(Dataset entries)

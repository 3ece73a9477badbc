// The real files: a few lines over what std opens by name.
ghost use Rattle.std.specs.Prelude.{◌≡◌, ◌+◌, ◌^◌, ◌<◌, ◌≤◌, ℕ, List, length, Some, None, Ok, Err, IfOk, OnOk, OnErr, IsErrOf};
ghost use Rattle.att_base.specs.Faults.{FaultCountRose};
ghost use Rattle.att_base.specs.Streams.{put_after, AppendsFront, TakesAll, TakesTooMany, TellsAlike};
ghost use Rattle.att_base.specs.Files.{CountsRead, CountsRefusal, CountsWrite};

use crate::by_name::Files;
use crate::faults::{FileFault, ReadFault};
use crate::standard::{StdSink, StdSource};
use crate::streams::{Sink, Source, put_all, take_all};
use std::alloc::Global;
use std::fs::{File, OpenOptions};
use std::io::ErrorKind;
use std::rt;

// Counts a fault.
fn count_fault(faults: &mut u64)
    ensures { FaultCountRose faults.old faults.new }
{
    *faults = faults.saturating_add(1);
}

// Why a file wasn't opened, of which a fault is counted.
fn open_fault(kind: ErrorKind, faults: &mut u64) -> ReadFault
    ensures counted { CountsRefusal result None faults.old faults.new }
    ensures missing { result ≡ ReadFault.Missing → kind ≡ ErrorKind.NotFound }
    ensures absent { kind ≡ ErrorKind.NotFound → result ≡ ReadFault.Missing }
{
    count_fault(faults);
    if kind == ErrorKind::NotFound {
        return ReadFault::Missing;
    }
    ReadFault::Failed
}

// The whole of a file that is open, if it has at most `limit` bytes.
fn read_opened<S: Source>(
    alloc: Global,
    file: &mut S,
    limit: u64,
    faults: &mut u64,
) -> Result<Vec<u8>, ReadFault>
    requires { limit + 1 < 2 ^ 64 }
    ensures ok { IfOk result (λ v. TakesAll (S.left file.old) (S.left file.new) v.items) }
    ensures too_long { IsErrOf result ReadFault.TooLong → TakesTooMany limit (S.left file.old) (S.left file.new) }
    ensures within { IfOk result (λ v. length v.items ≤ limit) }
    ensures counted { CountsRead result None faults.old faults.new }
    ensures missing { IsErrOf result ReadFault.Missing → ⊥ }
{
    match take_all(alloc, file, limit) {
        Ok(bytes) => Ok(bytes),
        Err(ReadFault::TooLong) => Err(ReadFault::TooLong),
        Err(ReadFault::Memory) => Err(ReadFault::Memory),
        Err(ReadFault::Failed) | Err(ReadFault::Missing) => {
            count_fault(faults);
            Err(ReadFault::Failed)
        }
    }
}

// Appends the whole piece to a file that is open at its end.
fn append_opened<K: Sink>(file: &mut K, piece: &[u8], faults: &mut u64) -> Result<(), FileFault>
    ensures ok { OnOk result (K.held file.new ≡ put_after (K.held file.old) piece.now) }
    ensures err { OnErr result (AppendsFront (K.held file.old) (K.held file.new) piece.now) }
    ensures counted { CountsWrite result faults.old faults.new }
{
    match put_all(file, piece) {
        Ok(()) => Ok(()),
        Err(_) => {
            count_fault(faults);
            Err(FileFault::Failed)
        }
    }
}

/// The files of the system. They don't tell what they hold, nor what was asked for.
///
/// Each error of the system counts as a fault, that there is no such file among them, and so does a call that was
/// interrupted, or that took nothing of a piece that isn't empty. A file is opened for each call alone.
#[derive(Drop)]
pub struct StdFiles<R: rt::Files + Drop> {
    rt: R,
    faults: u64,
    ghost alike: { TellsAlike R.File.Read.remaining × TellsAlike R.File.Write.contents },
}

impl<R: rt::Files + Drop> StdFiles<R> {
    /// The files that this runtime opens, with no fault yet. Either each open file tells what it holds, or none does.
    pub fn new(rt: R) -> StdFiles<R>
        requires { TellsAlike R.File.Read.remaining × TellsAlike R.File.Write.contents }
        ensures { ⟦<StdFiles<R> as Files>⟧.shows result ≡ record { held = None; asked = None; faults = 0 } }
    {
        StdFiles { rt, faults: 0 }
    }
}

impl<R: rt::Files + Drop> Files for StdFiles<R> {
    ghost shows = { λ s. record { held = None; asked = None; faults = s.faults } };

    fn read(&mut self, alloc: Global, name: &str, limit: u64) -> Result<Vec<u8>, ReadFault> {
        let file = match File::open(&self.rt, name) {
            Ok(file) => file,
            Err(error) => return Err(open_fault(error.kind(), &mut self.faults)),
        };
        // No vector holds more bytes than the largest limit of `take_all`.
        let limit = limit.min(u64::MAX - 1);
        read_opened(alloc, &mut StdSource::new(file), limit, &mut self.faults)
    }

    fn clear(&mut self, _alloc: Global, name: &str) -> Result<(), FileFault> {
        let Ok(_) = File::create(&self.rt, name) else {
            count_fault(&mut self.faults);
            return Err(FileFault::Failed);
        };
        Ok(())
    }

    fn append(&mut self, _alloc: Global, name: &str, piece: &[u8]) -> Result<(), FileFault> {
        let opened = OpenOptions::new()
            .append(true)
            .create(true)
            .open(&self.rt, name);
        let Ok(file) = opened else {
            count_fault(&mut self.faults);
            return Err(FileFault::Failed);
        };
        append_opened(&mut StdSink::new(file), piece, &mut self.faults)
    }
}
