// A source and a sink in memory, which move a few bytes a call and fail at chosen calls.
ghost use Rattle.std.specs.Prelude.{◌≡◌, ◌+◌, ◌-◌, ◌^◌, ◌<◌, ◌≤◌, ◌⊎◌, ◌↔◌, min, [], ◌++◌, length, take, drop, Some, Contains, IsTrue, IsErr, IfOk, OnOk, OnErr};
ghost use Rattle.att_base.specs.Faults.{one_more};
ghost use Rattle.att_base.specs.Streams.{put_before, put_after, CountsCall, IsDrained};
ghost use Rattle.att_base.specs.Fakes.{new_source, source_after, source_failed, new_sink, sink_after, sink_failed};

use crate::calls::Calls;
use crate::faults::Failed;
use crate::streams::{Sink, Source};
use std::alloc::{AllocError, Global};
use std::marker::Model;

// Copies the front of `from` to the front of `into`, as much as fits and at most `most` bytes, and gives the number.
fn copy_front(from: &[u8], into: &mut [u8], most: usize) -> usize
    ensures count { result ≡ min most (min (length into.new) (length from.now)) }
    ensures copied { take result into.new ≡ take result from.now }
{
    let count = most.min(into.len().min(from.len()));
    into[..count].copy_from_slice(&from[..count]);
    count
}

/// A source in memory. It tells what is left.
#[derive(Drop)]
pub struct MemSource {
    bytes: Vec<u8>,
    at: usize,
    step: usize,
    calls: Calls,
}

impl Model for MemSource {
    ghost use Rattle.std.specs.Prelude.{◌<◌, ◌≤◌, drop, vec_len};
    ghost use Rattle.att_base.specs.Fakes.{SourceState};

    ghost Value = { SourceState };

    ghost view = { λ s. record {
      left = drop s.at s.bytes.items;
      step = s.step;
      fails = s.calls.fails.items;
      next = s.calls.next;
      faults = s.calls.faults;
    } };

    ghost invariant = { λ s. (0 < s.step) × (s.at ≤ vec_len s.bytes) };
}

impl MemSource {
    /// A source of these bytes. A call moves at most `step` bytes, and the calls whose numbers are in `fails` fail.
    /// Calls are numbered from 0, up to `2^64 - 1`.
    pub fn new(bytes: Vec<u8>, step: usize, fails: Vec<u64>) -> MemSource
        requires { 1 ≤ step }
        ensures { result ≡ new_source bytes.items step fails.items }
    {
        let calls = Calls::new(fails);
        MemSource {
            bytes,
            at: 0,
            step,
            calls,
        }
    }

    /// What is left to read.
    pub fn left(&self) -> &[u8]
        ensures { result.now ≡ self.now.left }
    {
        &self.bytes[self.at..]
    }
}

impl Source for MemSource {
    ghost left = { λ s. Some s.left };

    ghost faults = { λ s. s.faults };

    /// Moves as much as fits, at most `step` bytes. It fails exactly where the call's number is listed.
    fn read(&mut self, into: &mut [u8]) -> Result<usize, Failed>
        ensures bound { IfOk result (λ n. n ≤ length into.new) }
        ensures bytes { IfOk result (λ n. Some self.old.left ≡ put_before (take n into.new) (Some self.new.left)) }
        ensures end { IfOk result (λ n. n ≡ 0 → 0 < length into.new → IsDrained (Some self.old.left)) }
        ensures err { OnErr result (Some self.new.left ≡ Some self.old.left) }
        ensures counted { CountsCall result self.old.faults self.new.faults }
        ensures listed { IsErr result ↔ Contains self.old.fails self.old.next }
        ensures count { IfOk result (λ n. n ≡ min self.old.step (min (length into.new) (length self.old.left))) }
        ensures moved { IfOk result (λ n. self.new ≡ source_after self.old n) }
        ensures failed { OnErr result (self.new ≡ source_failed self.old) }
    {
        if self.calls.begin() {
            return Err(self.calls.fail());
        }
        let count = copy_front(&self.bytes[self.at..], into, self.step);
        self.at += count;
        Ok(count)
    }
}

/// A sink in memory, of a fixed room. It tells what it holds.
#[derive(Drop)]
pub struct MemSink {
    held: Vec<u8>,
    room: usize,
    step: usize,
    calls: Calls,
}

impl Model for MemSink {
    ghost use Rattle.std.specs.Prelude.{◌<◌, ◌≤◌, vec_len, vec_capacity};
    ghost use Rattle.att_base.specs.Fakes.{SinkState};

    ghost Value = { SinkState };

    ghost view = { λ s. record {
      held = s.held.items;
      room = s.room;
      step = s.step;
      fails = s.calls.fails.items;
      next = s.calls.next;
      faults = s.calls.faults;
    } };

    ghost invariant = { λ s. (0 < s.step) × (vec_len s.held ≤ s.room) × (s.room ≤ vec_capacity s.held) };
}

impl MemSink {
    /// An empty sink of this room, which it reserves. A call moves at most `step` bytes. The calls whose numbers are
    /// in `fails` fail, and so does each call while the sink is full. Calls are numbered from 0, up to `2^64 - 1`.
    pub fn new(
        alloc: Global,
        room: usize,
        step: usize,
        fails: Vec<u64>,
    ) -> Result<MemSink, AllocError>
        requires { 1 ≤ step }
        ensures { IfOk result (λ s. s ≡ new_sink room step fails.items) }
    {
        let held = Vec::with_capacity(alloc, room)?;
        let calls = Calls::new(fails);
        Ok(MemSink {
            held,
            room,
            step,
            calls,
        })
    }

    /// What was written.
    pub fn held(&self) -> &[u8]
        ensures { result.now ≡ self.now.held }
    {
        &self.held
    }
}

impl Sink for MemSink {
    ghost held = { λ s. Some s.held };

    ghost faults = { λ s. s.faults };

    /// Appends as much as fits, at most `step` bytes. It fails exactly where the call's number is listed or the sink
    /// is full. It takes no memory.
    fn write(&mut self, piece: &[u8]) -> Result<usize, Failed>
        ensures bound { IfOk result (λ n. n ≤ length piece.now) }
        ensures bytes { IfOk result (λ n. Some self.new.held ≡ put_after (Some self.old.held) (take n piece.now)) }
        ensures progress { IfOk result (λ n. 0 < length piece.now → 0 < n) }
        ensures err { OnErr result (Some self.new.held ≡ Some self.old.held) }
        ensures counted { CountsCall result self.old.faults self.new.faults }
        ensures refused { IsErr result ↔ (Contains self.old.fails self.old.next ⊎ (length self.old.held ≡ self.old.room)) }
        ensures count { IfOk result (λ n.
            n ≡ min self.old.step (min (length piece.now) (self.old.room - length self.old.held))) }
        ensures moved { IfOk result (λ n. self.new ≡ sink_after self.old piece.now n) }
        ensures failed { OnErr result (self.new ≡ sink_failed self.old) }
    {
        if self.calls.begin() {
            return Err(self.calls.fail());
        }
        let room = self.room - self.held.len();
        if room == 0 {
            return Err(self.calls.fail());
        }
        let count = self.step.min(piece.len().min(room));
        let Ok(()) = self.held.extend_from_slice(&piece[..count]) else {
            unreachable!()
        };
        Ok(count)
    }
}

■ **Task item**: Lines holding the word "impl" should be copied from the entries above.

■ **Response**:
impl<R: rt::Files + Drop> StdFiles<R> {
impl<R: rt::Files + Drop> Files for StdFiles<R> {
impl Model for MemSource {
impl MemSource {
impl Source for MemSource {
impl Model for MemSink {
impl MemSink {
impl Sink for MemSink {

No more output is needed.